President Trump’s proposal to cut domestic non-defense discretionary (NDD) spending by $54 billion would result in a face value cut of about 10 percent to programs. Accounting for inflation and enacted increases in Veterans Affairs health funding and flat funding to the Department of Homeland Security results in an even higher cut of 25 percent to other NDD programs.  These programs fund important initiatives like cancer research, air traffic control, the Coast Guard, the National Highway System, Head Start, WIC (funding for food for women, infants, and children), NASA’s space exploration, and the FBI, among others. As Representative Tom Cole, chair of the House appropriations subcommittee for education, labor and health programs, said, reflecting on the $18 to $20 billion in cuts likely for those programs, “There’s no part of this budget that can escape unscathed if we have $18 to $20 billion in reductions.”

ICYMI

  • Local economic conditions affect the likelihood of opioid abuse: new research finds that for every 1 percentage point increase in the unemployment rate, the opioid death rate rises by 3.6 percent and the rate of emergency department visits for opioid overdoses rises by 7.0 percent.
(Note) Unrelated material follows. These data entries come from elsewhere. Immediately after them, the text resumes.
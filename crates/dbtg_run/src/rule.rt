//! The rule of the table, and the types made with it.
use crate::view::{About, SeatKnowledge};
use atomic_table::{Seat, Shared, Table, TableRule};
use dbtg_cells::Cell;
use std::alloc::Global;

/// The rule of the table: words, slots and views show a lawful state of the machine.
pub struct Latches;

impl TableRule<Option<Cell>, SeatKnowledge, About> for Latches {
    ghost use Rattle.dbtg_run.specs.Inside.LatchRule.{LatchRule, first_view};

    ghost holds = { LatchRule };

    ghost first = { first_view };
}

/// A table of words and cells under the rule.
pub type Board = Table<Option<Cell>, SeatKnowledge, About, Latches, Global>;

/// The part of a table that all units share.
pub type Top = Shared<Option<Cell>, SeatKnowledge, About, Latches>;

/// What one unit may know of a table and do to it.
pub type Chair = Seat<Option<Cell>, SeatKnowledge>;
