//! The tries of a statement.
ghost use Rattle.std.specs.Prelude.{◌≡◌, ◌+◌, ◌<◌, ◌≤◌, MatchBool};
ghost use Rattle.dbtg_run.specs.Inside.Tries.{AreUsedUp, Suffice};

/// How many tries a statement has, and how many of its looks were in vain. Each of those uses one.
#[derive(Drop)]
pub struct Tries {
    pub given: u32,
    pub vain: u64,
}

impl Tries {
    pub(crate) fn of(given: u32) -> Self
        ensures { result ≡ record { given = given; vain = 0 } }
    {
        Self { given, vain: 0 }
    }

    // A look was in vain.
    pub(crate) fn use_one(&mut self)
        requires { Suffice self.old }
        ensures { self.new ≡ record self.old { vain = self.old.vain + 1 } }
    {
        self.vain += 1;
    }

    // Whether there was a look in vain without a try for it.
    pub(crate) fn are_used_up(&self) -> bool
        ensures { MatchBool result (self.now.given < self.now.vain) (Suffice self.now) }
    {
        self.vain > self.given as u64
    }
}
  • New research shows that allowing the economy to “run hot” (i.e. not raising rates in response to the unemployment rate falling below its natural point) can help workers weather recessions. The paper says that “the hotter the state's prerecession economy, the lower the impact of the recession on workers' probability of unemployment.” This research has implications for the Federal Reserve’s decision on when to raise rates.
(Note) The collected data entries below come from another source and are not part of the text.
//! The result of a statement on threads, and the points at which a gate is passed.
ghost use Rattle.std.specs.Prelude.{◌≡◌, ◌≢◌, MatchBool};

use dbtg_unit::Answer;

/// The result of a statement.
#[derive(Drop)]
pub enum Outcome {
    /// The statement is made, with this answer.
    Done(Answer),
    /// Other units were in the way, or the statement turned back, more often than there were tries.
    Busy,
    /// The journal has no room for another entry, ever.
    Spent,
    /// Memory was refused.
    NoMemory,
}

impl Outcome {
    pub fn is_busy(&self) -> bool
        ensures { MatchBool result (self.now ≡ Outcome.Busy) (self.now ≢ Outcome.Busy) }
    {
        matches!(self, Outcome::Busy)
    }
}

/// The points at which a gate is passed.
#[derive(Clone, Copy)]
pub enum Point {
    /// Directly after the ticket is drawn.
    Ticketed,
    /// After the last latch is left.
    Answered,
}

/// Called at points of a statement, so that a test can hold a unit there.
pub trait Gate {
    fn pass(&self, unit: u8, ticket: u64, point: Point);
}

/// The gate that holds nobody.
pub struct NoGate;

impl Gate for NoGate {
    fn pass(&self, _unit: u8, _ticket: u64, _point: Point) {}
}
  • High levels of financial concentration (i.e. fewer, larger banks) can make an economy susceptible to large fluctuations: new research finds that between 1990 and 2010, 30 to 40 percent of the investment rate in Japan (where the banking sector is highly concentrated) can be explained by idiosyncratic bank shocks. The American financial sector is currently highly concentrated: eight global systemically important American banks control nearly three-quarters of U.S. banking system assets.